Reversible Redox Regulation of Cytoskeletal Dynamics to Control Neuronal Form and Function

Our brains control such diverse abilities as movement, sensation, intelligence, speech, emotion, and memory only
because our neurons communicate with one another and the rest of our body through highly organized networks.
These neuronal networks or connections are formed when neurons send out their stalk-like axon and dendrite
appendages. To accomplish this, neurons require actin and tubulin proteins to assemble together into long
polymers (F-actin and microtubules, respectively) – and numerous extracellular stimuli have now been identified
that alter the assembly and organization of these cytoskeletal structures. Yet, we still know little of how these
extracellular cues exert their precise effects on the cytoskeleton. To better understand these mechanisms, my
lab has been focusing on one of the largest families of extracellular cues, the Semaphorins (Semas) – which alter
neuronal behaviors by eliciting destabilizing effects on both F-actin and microtubules. Our strategy has been to use
model organisms and screening approaches to search for proteins that work in the signal transduction cascade
utilized by Semas and their Plexin receptors. Among the proteins that we have identified, is a new family of
intracellular proteins called the MICALs that are required for Sema/Plexin signal transduction. Now, recent work in my
lab has revealed that the MICALs employ a previously unknown Redox signaling system to control the actin
cytoskeleton. Namely, we have found that Mical is a novel F-actin disassembly factor – and our results reveal
that Sema/Plexin-mediated reorganizations of the actin cytoskeleton can be precisely achieved in space and time
through activation of Mical. We have also found that the MICALs belong to a class of oxidoreductase (Redox)
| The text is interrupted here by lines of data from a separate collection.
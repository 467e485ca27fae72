// Disjoint lists of node numbers, as callers see them.
ghost use Rattle.std.specs.Prelude.{◌≡◌, ◌≢◌, ◌-◌, ◌<◌, ◌↔◌, [], ◌∷◌, ◌++◌, length, take, drop, replicate, slice_get, IfOk, IfSome, IsTrue, OnOk};
ghost use Rattle.sa_links.specs.Lists.{HasSameCounts, IsApart, IsFree, IsIn, IsListed, IsNext, list_at, with_list, without};

use crate::block::{Slot, at, begin_of};
use crate::node::{Node, insert, join, remove, slot_of};
use crate::start::{close, numbered};
use std::alloc::{AllocError, Global};
use std::marker::Model;

/// Disjoint lists of node numbers, in one block of nodes that are linked in place.
///
/// Nodes and lists are numbered from 0, each below a count that `new` is given. A node is in at most one
/// list. Every call takes constant time, and none but `new` can fail for want of memory.
#[derive(Drop)]
pub struct Links {
    // the nodes, and after them the heads of the lists
    nodes: Vec<Node>,
    begin: Slot<Node>,
    count: u32,
}

impl Model for Links {
    ghost use Rattle.std.specs.Vec.{vec_ptr};
    ghost use Rattle.sa_links.specs.Lists.{Lists};
    ghost use Rattle.sa_links.specs.Rings.{lists_of};

    ghost Value = { Lists };

    ghost use Rattle.sa_links.specs.Wiring.{wires_of, IsLinks};

    ghost view = { λ l. lists_of (wires_of (vec_ptr l.nodes) l.nodes.items) l.count };

    ghost invariant = { λ l. IsLinks l.begin.ptr (vec_ptr l.nodes) l.nodes.items l.count };
}

impl Links {
    /// `lists` empty lists for `nodes` nodes, in one block. Fails only where memory runs out.
    pub fn new(alloc: Global, nodes: u32, lists: u32) -> Result<Links, AllocError>
        ensures { IfOk result
            (λ links. links ≡ record { nodes = nodes; lists = replicate lists [] }) }
    {
        let count = nodes;
        let mut nodes = numbered(alloc, count, lists)?;
        let begin = begin_of(&mut nodes);
        close(&mut nodes, begin);
        Ok(Links {
            nodes,
            begin,
            count,
        })
    }

    /// Puts a node that is in no list before the first of `list`.
    pub fn push_front(&mut self, list: u32, node: u32)
        requires list { list < length self.old.lists }
        requires node { node < self.old.nodes }
        requires free { IsFree self.old node }
        ensures { self.new ≡ with_list self.old list (node ∷ list_at self.old.lists list) }
    {
        let head = slot_of(&self.nodes, self.begin, self.count as usize + list as usize);
        let slot = slot_of(&self.nodes, self.begin, node as usize);
        insert(&mut self.nodes, head, slot);
    }

    /// Puts a node that is in no list at the end of `list`.
    pub fn push_back(&mut self, list: u32, node: u32)
        requires list { list < length self.old.lists }
        requires node { node < self.old.nodes }
        requires free { IsFree self.old node }
        ensures { self.new ≡ with_list self.old list (list_at self.old.lists list ++ node ∷ []) }
    {
        let head = slot_of(&self.nodes, self.begin, self.count as usize + list as usize);
        let slot = slot_of(&self.nodes, self.begin, node as usize);
        let last = at(&self.nodes, head).prev;
        insert(&mut self.nodes, last, slot);
    }

    /// Takes the first node out of `list`: `None` exactly where the list is empty.
    pub fn pop_front(&mut self, list: u32) -> Option<u32>
        requires { list < length self.old.lists }
        ensures first { result ≡ slice_get (list_at self.old.lists list) 0 }
        ensures lists { self.new ≡ with_list self.old list (drop 1 (list_at self.old.lists list)) }
        ensures node { IfSome result (λ node. node < self.new.nodes) }
        ensures free { IfSome result (λ node. IsFree self.new node) }
    {
        let head = slot_of(&self.nodes, self.begin, self.count as usize + list as usize);
        let first = at(&self.nodes, head).next;
        let number = at(&self.nodes, first).number?;
        remove(&mut self.nodes, first);
        Some(number)
    }

    /// Takes the last node out of `list`: `None` exactly where the list is empty.
    pub fn pop_back(&mut self, list: u32) -> Option<u32>
        requires { list < length self.old.lists }
        ensures last { let xs = list_at self.old.lists list in
            result ≡ slice_get xs (length xs - 1) }
        ensures lists { let xs = list_at self.old.lists list in
            self.new ≡ with_list self.old list (take (length xs - 1) xs) }
        ensures node { IfSome result (λ node. node < self.new.nodes) }
        ensures free { IfSome result (λ node. IsFree self.new node) }
    {
        let head = slot_of(&self.nodes, self.begin, self.count as usize + list as usize);
        let last = at(&self.nodes, head).prev;
        let number = at(&self.nodes, last).number?;
        remove(&mut self.nodes, last);
        Some(number)
    }

    /// Takes a node out of `list`, which it is in.
    pub fn unlink(&mut self, list: u32, node: u32)
        requires list { list < length self.old.lists }
        requires stands { IsIn node (list_at self.old.lists list) }
        ensures lists { let xs = list_at self.old.lists list in
            self.new ≡ with_list self.old list (without node xs) }
        ensures free { IsFree self.new node }
    {
        let _ = list;
        let slot = slot_of(&self.nodes, self.begin, node as usize);
        remove(&mut self.nodes, slot);
    }

    /// Moves all nodes of the list `from` to the end of `list`, in their order. A node that is in no
    /// list stays so.
    pub fn append(&mut self, list: u32, from: u32)
        requires list { list < length self.old.lists }
        requires from { from < length self.old.lists }
        requires differ { list ≢ from }
        ensures lists { let xs = list_at self.old.lists list ++ list_at self.old.lists from in
            self.new ≡ with_list (with_list self.old list xs) from [] }
        ensures counts { HasSameCounts self.old self.new }
    {
        let head = slot_of(&self.nodes, self.begin, self.count as usize + list as usize);
        let emptied = slot_of(&self.nodes, self.begin, self.count as usize + from as usize);
        let first = at(&self.nodes, emptied).next;
        if at(&self.nodes, first).number.is_none() {
            return;
        }
        let last = at(&self.nodes, emptied).prev;
        let end = at(&self.nodes, head).prev;
        join(&mut self.nodes, end, first);
        join(&mut self.nodes, last, head);
        join(&mut self.nodes, emptied, emptied);
    }

    /// The first node of `list`: `None` exactly where the list is empty.
    pub fn front(&self, list: u32) -> Option<u32>
        requires { list < length self.now.lists }
        ensures first { result ≡ slice_get (list_at self.now.lists list) 0 }
        ensures node { IfSome result (λ node. node < self.now.nodes) }
        ensures stands { IfSome result (λ node. IsIn node (list_at self.now.lists list)) }
        ensures listed { IfSome result (λ node. IsListed self.now node) }
    {
        let head = slot_of(&self.nodes, self.begin, self.count as usize + list as usize);
        at(&self.nodes, at(&self.nodes, head).next).number
    }

    /// Whether `list` has no node.
    pub fn is_empty(&self, list: u32) -> bool
        requires { list < length self.now.lists }
        ensures { IsTrue result ↔ (list_at self.now.lists list ≡ []) }
    {
        self.front(list).is_none()
    }

    /// The node after one that is in a list: `None` exactly where that is the last of its list.
    pub fn after(&self, node: u32) -> Option<u32>
        requires { IsListed self.now node }
        ensures next { IsNext self.now node result }
        ensures node { IfSome result (λ next. next < self.now.nodes) }
        ensures listed { IfSome result (λ next. IsListed self.now next) }
    {
        let here = slot_of(&self.nodes, self.begin, node as usize);
        at(&self.nodes, at(&self.nodes, here).next).number
    }

    /// Adds the nodes of `list`, in order, at the end of `out`. Fails only where memory runs out.
    pub fn copy_list(&self, list: u32, out: &mut Vec<u32>) -> Result<(), AllocError>
        requires { list < length self.now.lists }
        ensures { OnOk result (out.new.items ≡ out.old.items ++ list_at self.now.lists list) }
    {
        let mut next = self.front(list);
        while let Some(node) = next {
            out.push(node)?;
            next = self.after(node);
        }
        Ok(())
    }

    /// Whether a node is in no list.
    pub fn is_free(&self, node: u32) -> bool
        requires { node < self.now.nodes }
        ensures { IsTrue result ↔ IsFree self.now node }
    {
        let slot = slot_of(&self.nodes, self.begin, node as usize);
        at(&self.nodes, at(&self.nodes, slot).next).number == Some(node)
    }

    /// Says that the lists are apart: each has numbers of nodes alone, and no number is there more than once.
    pub fn are_apart(&self)
        ensures { IsApart self.now }
    {
        let _ = &self.nodes;
    }
}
enzymes and that Mical employs its Redox enzymatic activity to alter the properties of F-actin. Our work has
gone on to identify that Mical uses F-actin as a direct substrate and post-translationally oxidizes conserved amino
acids on actin, simultaneously dismantling F-actin and decreasing polymerization. Moreover, we find that this
Sema/Plex/Mical-mediated Redox regulation of actin is reversible (by a protein called SelR/MsrB) – and that this
specific reversible Redox actin regulatory system directs multiple different biological processes in neuronal and
non-neuronal tissues. Thus, MICALs and SelR/MsrBs form a reversible Redox cellular signaling system controlling
actin filaments – the building blocks of neuronal form and function.